Recently, the FDA granted sodium thiosulfate “fast-track designation” to prevent cisplatin-related hearing loss in pediatric patients diagnosed with hepatoblastoma based on the results of a clinical trial of 109 pediatric hepatoblastoma patients in which 20 g/m2 sodium thiosulfate was administered intravenously 6 hours after the discontinuation of cisplatin for four preoperative and two postoperative courses. Not only did sodium thiosulfate treatment reduce grade 1 or higher hearing loss incidence by 48% [18 of 55 children (33%) in the cisplatin-sodium thiosulfate group experienced hearing loss compared with 29 of 46 (63%) in the cisplatin-alone group; relative risk, 0.52; 95% confidence interval (CI): 0.33–0.81; P = 0.002], but cisplatin–sodium thiosulfate conferred overall and event-free survival rates comparable with those who did not receive the protective agent (30). However, of the 16 serious adverse reactions experienced by patients, 8 were likely attributed to sodium thiosulfate, including two grade 3 infections, two grade 3 neutropenias, one grade 3 anemia leading to transfusion, and two tumor progressions. In addition, the otoprotective effect of sodium thiosulfate was associated with a large sodium load that must be considered in planning therapy. The investigators also cautioned that, despite the use of prophylactic antiemetic agents, sodium thiosulfate remained emetogenic. These adverse events are in accord with prior experiences that note the frequency and severity of sodium thiosulfate toxicities (31), and the agent must be administered with considerable caution. Although sodium thiosulfate has demonstrated potential in the pediatric setting among a small subgroup of patients with cancer, there has yet to be a large, multi-institutional study in adult patients, thereby limiting the potential applicability of the agent. Consequently, there remains no FDA-approved agent to reduce ototoxicity for the vast majority of patients who receive cisplatin.
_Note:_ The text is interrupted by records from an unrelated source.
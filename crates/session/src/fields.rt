//! The fields of a line: words, numbers and texts.

ghost use Rattle.std.specs.Prelude.{◌≡◌, IfOk, option_copied, option_map};
ghost use Rattle.line_fields.specs.Events.{Number, Serial};
ghost use Rattle.line_fields.specs.Parts.{blank};
ghost use Rattle.line_fields.specs.Rows.{value_at};
ghost use Rattle.session.specs.Fields.{number_of, window_of, text_of, title_of, value_of};

use line_fields::{cut, read_u16, unescape};
use std::alloc::AllocError;
use std::str;

/// The most bytes of a text.
const LONGEST_TEXT: usize = 8192;

/// A number of one to four digits.
pub fn read_number(word: &[u8]) -> Option<u16>
    ensures { result ≡ number_of word.now }
{
    if word.len() > 4 {
        return None;
    }
    read_u16(word)
}

/// The serial of a window or a client.
pub fn read_serial(word: &[u8]) -> Option<u32>
    ensures { result ≡ number_of word.now }
{
    read_number(word).map(u32::from)
}

/// A number that a blank ends, and the bytes after the blank.
pub fn number_at(bytes: &[u8]) -> Option<(u16, &[u8])>
    ensures { option_map (λ p. (p.0, p.1.now)) result ≡ value_at blank value_of Number bytes.now }
{
    let (word, rest) = cut(bytes, b' ')?;
    Some((read_number(word)?, rest))
}

/// A serial that a blank ends, and the bytes after the blank.
pub fn serial_at(bytes: &[u8]) -> Option<(u32, &[u8])>
    ensures { option_map (λ p. (p.0, p.1.now)) result ≡ value_at blank value_of Serial bytes.now }
{
    let (word, rest) = cut(bytes, b' ')?;
    Some((read_serial(word)?, rest))
}

/// The number of a command's window, or `-` for none. A number above 255 is read as 255, which is no
/// window's either.
pub fn read_window(word: &[u8]) -> Option<Option<u8>>
    ensures { result ≡ window_of word.now }
{
    if word == b"-".as_slice() {
        return Some(None);
    }
    let number = read_number(word)?;
    Some(Some(number.min(255) as u8))
}

/// The bytes of an escaped text, of which there are at most 8,192.
pub fn read_text<'a>(escaped: &[u8], text: &'a mut Vec<u8>) -> Result<Option<&'a [u8]>, AllocError>
    ensures { IfOk result (λ bytes. option_copied bytes ≡ text_of escaped.now) }
{
    if !unescape(escaped, text)? {
        return Ok(None);
    }
    if text.len() > LONGEST_TEXT {
        return Ok(None);
    }
    Ok(Some(text.as_slice()))
}

/// The title that an escaped text spells.
pub fn read_title<'a>(escaped: &[u8], text: &'a mut Vec<u8>) -> Result<Option<&'a str>, AllocError>
    ensures { IfOk result (λ title. option_copied title ≡ title_of escaped.now) }
{
    let Some(bytes) = read_text(escaped, text)? else {
        return Ok(None);
    };
    Ok(str::from_utf8(bytes).ok())
}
A number of pharmacogenetics studies have been conducted to identify CAO risk-conferring genotypes (summarized in Supplementary Table S1). In a study (32) that utilized a platform containing primarily single-nucleotide polymorphisms (SNP) in metabolizing genes, genetic variants in TPMT (rs12201199) and COMT (rs9332377) were identified that prompted the FDA to revise their label recommendations in 2012 for pediatric patients given cisplatin. However, the modification was rescinded in 2015 due to conflicting evidence of association between TPMT genetic variants and cisplatin-induced hearing loss provided by two replication studies and a meta-analysis (33–35). The lack of reproducibility in pharmacogenomic studies related to cisplatin is likely due to genetic heterogeneity as well as heterogeneity in treatment protocols and population substructures, small sample sizes, and the use of cranial radiation in combination with cisplatin, which could substantially increase the likelihood of CAO due to its ototoxic effects (36). Specimen type, handling, sequencing method, gene calling, as well as the method of assessment of the particular toxicity being studied could also contribute to the lack of reproducibility. This points to the importance of replication of these pharmacogenomic studies.

Technological advances have enabled agnostic, genome-wide study designs to identify contributing SNPs associated with a selected trait. Contrary to candidate gene studies, such alleles are not limited by a priori hypotheses of loci that generally reside in exonic genomic regions. In fact, the majority (90%) of disease-associated variants identified from genome-wide association studies (GWAS) reside in intergenic regions associated with transcriptional regulatory mechanisms including expression quantitative trait loci (eQTL) known to influence gene expression (37, 38). Chemotherapeutic drug susceptibility-associated SNPs, including those for cisplatin-induced cytotoxicity, are more likely to be eQTLs and be associated with the expression levels of multiple genes (39).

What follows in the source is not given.